### Task:
Look below for the line containing "filename crates/hv_encode/src/tests.rt"; from there, print each line exactly up to and including the line containing "use std::alloc::Global;", and stop.

### Provided material:
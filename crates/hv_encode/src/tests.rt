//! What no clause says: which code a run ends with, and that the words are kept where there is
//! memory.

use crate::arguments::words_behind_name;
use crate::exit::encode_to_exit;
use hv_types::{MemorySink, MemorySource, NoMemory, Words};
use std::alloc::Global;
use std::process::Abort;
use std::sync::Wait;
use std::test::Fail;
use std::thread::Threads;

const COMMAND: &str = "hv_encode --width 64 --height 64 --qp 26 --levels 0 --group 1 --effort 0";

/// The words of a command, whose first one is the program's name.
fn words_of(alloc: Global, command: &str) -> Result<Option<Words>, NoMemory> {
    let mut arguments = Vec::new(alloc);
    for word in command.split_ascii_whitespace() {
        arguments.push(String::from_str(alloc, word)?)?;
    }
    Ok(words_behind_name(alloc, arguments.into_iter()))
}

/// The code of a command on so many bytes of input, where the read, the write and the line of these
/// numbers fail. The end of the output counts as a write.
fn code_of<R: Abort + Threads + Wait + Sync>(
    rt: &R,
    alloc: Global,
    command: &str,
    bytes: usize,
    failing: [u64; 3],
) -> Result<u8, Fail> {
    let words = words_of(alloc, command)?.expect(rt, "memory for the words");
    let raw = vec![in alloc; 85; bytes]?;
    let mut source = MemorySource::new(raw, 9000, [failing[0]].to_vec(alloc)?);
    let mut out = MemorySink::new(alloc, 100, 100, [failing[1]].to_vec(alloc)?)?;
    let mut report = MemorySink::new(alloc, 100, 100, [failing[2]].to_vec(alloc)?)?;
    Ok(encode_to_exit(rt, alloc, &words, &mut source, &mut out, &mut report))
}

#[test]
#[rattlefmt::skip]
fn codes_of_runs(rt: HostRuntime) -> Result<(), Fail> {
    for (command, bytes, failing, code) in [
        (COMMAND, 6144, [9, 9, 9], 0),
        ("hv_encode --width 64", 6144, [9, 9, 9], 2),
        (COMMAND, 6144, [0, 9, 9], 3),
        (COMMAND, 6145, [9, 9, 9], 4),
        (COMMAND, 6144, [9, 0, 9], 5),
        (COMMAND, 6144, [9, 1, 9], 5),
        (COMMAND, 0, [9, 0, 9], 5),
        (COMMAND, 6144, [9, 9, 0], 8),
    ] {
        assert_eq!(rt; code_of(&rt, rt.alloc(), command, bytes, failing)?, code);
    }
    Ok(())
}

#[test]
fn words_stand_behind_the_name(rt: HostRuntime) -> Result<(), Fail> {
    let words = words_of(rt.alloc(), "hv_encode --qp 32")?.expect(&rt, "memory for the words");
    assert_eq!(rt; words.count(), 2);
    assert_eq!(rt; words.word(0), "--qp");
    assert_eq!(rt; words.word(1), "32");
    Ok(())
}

* * *

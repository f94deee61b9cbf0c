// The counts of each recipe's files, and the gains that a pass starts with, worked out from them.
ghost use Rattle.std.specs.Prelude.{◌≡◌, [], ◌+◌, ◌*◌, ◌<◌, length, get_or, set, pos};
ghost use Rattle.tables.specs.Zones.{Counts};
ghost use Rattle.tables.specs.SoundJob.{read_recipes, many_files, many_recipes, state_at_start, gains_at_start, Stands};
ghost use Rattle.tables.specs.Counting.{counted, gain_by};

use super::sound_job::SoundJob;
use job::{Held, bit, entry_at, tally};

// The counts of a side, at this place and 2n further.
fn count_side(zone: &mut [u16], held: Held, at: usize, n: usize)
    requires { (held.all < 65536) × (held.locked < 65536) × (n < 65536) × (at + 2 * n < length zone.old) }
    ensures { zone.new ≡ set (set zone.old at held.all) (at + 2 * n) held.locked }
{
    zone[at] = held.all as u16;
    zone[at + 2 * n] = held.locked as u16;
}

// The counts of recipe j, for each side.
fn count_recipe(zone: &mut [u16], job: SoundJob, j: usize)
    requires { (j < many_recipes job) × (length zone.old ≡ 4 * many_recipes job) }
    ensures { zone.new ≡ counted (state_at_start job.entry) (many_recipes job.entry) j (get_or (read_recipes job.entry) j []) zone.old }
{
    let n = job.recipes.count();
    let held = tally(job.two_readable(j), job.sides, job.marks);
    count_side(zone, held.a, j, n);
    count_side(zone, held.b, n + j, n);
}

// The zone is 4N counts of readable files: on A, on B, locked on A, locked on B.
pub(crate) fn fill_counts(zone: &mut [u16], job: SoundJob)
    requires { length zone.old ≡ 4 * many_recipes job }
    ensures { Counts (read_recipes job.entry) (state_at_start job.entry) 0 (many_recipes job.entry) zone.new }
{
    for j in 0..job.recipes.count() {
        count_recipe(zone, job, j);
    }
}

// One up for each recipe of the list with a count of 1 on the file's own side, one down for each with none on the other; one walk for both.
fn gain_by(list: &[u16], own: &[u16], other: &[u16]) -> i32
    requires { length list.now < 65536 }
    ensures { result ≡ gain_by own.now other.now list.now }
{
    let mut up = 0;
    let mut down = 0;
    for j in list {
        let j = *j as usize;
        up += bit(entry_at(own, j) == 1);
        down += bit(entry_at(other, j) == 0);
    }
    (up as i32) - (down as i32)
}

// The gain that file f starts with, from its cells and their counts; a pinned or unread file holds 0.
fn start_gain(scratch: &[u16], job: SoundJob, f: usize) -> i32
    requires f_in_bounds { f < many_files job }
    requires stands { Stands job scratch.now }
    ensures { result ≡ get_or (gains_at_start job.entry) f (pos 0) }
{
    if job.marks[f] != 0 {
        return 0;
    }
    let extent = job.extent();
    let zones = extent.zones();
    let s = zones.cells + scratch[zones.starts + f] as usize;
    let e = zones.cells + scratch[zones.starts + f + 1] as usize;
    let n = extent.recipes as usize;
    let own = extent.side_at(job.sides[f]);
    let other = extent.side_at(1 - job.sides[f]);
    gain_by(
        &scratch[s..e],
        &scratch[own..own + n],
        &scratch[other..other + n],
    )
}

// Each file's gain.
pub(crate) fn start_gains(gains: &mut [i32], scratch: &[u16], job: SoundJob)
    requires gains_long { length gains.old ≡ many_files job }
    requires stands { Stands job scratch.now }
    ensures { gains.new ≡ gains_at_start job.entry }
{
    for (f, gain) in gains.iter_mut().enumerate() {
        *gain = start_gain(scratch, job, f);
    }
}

---

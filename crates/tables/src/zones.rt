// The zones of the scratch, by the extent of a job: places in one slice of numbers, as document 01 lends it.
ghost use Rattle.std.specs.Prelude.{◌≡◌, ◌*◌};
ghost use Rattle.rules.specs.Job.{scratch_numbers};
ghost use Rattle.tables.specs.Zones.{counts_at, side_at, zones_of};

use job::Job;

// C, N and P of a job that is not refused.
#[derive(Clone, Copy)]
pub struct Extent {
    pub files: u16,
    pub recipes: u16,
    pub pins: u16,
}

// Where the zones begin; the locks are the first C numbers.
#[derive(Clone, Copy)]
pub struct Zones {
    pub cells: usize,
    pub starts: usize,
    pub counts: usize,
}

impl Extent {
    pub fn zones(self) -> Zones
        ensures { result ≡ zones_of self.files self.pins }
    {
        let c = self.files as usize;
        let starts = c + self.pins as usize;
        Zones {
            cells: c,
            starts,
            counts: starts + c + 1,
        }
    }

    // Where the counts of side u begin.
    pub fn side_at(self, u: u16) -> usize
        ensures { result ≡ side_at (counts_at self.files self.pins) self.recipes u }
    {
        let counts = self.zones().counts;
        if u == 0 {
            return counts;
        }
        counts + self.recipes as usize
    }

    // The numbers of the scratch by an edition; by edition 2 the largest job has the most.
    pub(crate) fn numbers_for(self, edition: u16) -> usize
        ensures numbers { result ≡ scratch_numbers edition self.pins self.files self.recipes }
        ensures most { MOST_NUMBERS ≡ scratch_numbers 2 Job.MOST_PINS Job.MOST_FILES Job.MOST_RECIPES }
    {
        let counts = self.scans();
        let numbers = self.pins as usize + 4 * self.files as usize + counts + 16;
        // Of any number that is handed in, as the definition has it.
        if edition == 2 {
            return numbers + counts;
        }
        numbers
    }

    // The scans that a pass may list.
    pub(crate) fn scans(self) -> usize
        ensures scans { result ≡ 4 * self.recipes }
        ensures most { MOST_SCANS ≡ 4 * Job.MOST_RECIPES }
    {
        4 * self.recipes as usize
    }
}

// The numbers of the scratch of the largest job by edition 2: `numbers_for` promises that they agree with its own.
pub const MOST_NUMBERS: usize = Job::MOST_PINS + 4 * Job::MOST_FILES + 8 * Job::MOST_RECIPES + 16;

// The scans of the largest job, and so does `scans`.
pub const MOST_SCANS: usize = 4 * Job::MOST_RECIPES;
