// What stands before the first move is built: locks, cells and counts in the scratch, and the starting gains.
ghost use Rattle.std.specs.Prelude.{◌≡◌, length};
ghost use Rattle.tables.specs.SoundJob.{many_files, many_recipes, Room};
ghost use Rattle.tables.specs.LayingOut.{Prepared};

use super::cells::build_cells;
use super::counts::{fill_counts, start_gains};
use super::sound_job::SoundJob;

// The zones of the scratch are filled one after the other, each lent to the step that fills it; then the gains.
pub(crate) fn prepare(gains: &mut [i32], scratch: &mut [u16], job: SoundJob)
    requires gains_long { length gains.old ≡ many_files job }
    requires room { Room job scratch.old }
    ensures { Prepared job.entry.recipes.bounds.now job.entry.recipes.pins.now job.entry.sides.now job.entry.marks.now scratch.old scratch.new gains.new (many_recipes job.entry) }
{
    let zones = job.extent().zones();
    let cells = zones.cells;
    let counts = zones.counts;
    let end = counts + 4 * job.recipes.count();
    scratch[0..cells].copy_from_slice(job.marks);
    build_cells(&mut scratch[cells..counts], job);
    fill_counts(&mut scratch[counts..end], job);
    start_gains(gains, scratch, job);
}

### Result:
filename crates/hv_encode/src/tests.rt
//! What no clause says: which code a run ends with, and that the words are kept where there is
//! memory.

use crate::arguments::words_behind_name;
use crate::exit::encode_to_exit;
use hv_types::{MemorySink, MemorySource, NoMemory, Words};
use std::alloc::Global;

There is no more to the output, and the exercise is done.